Error Handling and Backoff
Errors in kube occur at multiple layers. This section maps out where different errors originate and how to handle them at each layer.
Error Source Map
| Layer | Error Type | Cause |
|---|---|---|
| Client | HyperError, HttpError | Network, TLS, timeout |
| Api | Error::Api { status } | Kubernetes 4xx/5xx response |
| Api | SerializationError | JSON deserialization failure |
| watcher | InitialListFailed | Initial LIST failure |
| watcher | WatchFailed | WATCH connection failure |
| watcher | WatchError | Server error during WATCH (410 Gone, etc.) |
| Controller | reconciler Error | Raised in user code |
Watcher Errors and Backoff
// ✗ Stream terminates on first error → Controller stops
let stream = watcher(api, wc);
// ✓ Automatic retry with exponential backoff
let stream = watcher(api, wc).default_backoff();
default_backoff
Applies ExponentialBackoff: 800ms → 1.6s → 3.2s → ... → 30s (max). The backoff resets when a successful event is received. If no errors occur for 120 seconds, the timer also resets.
Custom backoff
use backon::ExponentialBuilder;
let stream = watcher(api, wc).backoff(
ExponentialBuilder::default()
.with_min_delay(Duration::from_millis(500))

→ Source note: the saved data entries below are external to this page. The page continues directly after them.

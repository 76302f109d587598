// The laws of captures.

ghost use Rattle.std.specs.Prelude.{◌≡◌, ℕ, ◌≤◌, List, length, map, Option, None};
ghost use Rattle.trex_io.specs.Seen.{Seen};
ghost use Rattle.trex_pcap.specs.declared.fault.CaptureFault.{CaptureFault};
ghost use Rattle.trex_pcap.specs.Reading.{IsCapture};
ghost use Rattle.trex_pcap.specs.Writing.{AllFit, Packet, capture_of, seen_of};

/// A capture that was written reads back as its packets, without a fault.
pub fn reads_back()
    ensures { (packets : List Packet) → AllFit packets → length packets ≤ 100000000
        → IsCapture (capture_of packets) (map seen_of packets) None }
{}

/// The bytes of a capture have one reading.
pub fn one_reading()
    ensures { (bytes : List ℕ) (rs ss : List Seen) (e f : Option CaptureFault)
        → IsCapture bytes rs e → IsCapture bytes ss f → (rs ≡ ss) × (e ≡ f) }
{}
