// Why the records of a capture make no profile.

/// Why a capture without a fault makes no profile, and at which record; records are counted from 1.
#[derive(Clone, Copy, Debug, PartialEq, Eq, Drop)]
pub enum Unfit {
    /// It is record 4,097, and a profile has at most 4,096 streams.
    Count { number: u64 },
    /// The captured length is outside 14 to 9,216 bytes.
    Length { number: u64 },
    /// The captured length isn't the original length.
    Cut { number: u64 },
    /// The time is below that of the record before it.
    Backwards { number: u64 },
    /// The time is 10^18 ns or more after that of the first record.
    Late { number: u64 },
    /// The profile's text has more than 33,554,432 bytes.
    TooLarge,
}
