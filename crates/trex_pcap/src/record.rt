// A record of a capture, without its bytes.

/// A record of a capture (pcap 2.4, packet record). Its captured bytes stand in the caller's buffer.
#[derive(Clone, Copy, Debug, PartialEq, Eq, Drop)]
pub struct Record {
    /// Which record it is, from 1.
    pub number: u64,
    /// Its time in ns since 1970.
    pub time: u64,
    /// How many bytes were captured.
    pub captured: u32,
    /// How many bytes the packet had.
    pub original: u32,
}
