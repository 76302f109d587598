// A buffer is filled from a source, which may give its bytes in pieces of any size.

ghost use Rattle.std.specs.Prelude.{◌<◌, ◌≤◌, length, take, IfOk};
ghost use Rattle.std.specs.Io.KnownBytes.{Consumes, IsAtEnd};
ghost use Rattle.trex_io.specs.Faults.{HasCause};

use trex_io::{Failed, Source};

/// Puts the next bytes of the source into the buffer, until it is full or the source ends, and answers how many.
pub(crate) fn fill<S: Source>(source: &mut S, into: &mut [u8]) -> Result<usize, Failed>
    ensures bound { IfOk result (λ n. n ≤ length into.old) }
    ensures bytes { IfOk result (λ n. Consumes (S.left source.old) (S.left source.new) (take n into.new)) }
    ensures end { IfOk result (λ n. n < length into.old → IsAtEnd (S.left source.new)) }
    ensures cause { HasCause S.faults source.old source.new result }
{
    let mut done = 0;
    while done < into.len() {
        match source.read(&mut into[done..]) {
            Ok(0) => return Ok(done),
            Ok(count) => done += count,
            Err(failed) => return Err(failed),
        }
    }
    Ok(done)
}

.with_max_delay(Duration::from_secs(30)),
);
Reconciler Errors and error_policy
fn error_policy(obj: Arc<MyResource>, err: &Error, ctx: Arc<Context>) -> Action {
tracing::error!(?err, "reconcile failed");
match err {
// Transient error: retry
Error::KubeApi(_) => Action::requeue(Duration::from_secs(5)),
// Permanent error: don't retry
Error::MissingField(_) => Action::await_change(),
}
}
Controller::run(reconcile, error_policy, ctx):
- When the reconciler returns
Err,error_policyis called - Schedules according to the
Actionreturned byerror_policy
Current Limitations
error_policyis a synchronous function. It cannot perform async operations (sending metrics, updating status, etc.)- There is no success reset callback. To implement per-key backoff, you need to wrap the reconciler (Per-key backoff pattern)
Client-Level Retries
kube-client does not have built-in retries for regular API calls. When create(), patch(), get(), etc. fail, they return the error as-is.
To implement retries yourself, use Tower's retry middleware:
use tower::retry::Policy;
struct RetryPolicy;
impl Policy<Request<Body>, Response<Body>, Error> for RetryPolicy {
// Only retry on 5xx, timeouts, and network errors
// Don't retry on 4xx (the request itself is wrong)
}
Retryability
| Error | Retryable | Reason |
|---|---|---|
| 5xx | Yes | Temporary server failure |
| Timeout | Yes | Temporary network issue |
| 429 Too Many Requests | Yes | Rate limit → wait and retry |
| Network error | Yes | Temporary connection failure |
| 4xx (400, 403, 404, etc.) | No | The request is wrong |
| 409 Conflict | No | SSA conflict → fix the logic |
Timeout Strategy
As covered in Client internals, the default read_timeout is set to 295 seconds for watches, which can cause regular API calls to block for up to 5 minutes.
Mitigation 1: Separate Clients
// Client for watchers (default 295s)
let watcher_client = Client::try_default().await?;
// Client for API calls (short timeout)
let mut config = Config::infer().await?;
config.read_timeout = Some(Duration::from_secs(15));
let api_client = Client::try_from(config)?;
Mitigation 2: Wrap Individual Calls
let pod = tokio::time::timeout(
Duration::from_secs(10),
api.get("my-pod"),
).await??;
Mitigation 3: Not a Big Issue in Controllers
The watchers managed by the Controller need long timeouts. You only need to wrap the API calls inside the reconciler with a timeout.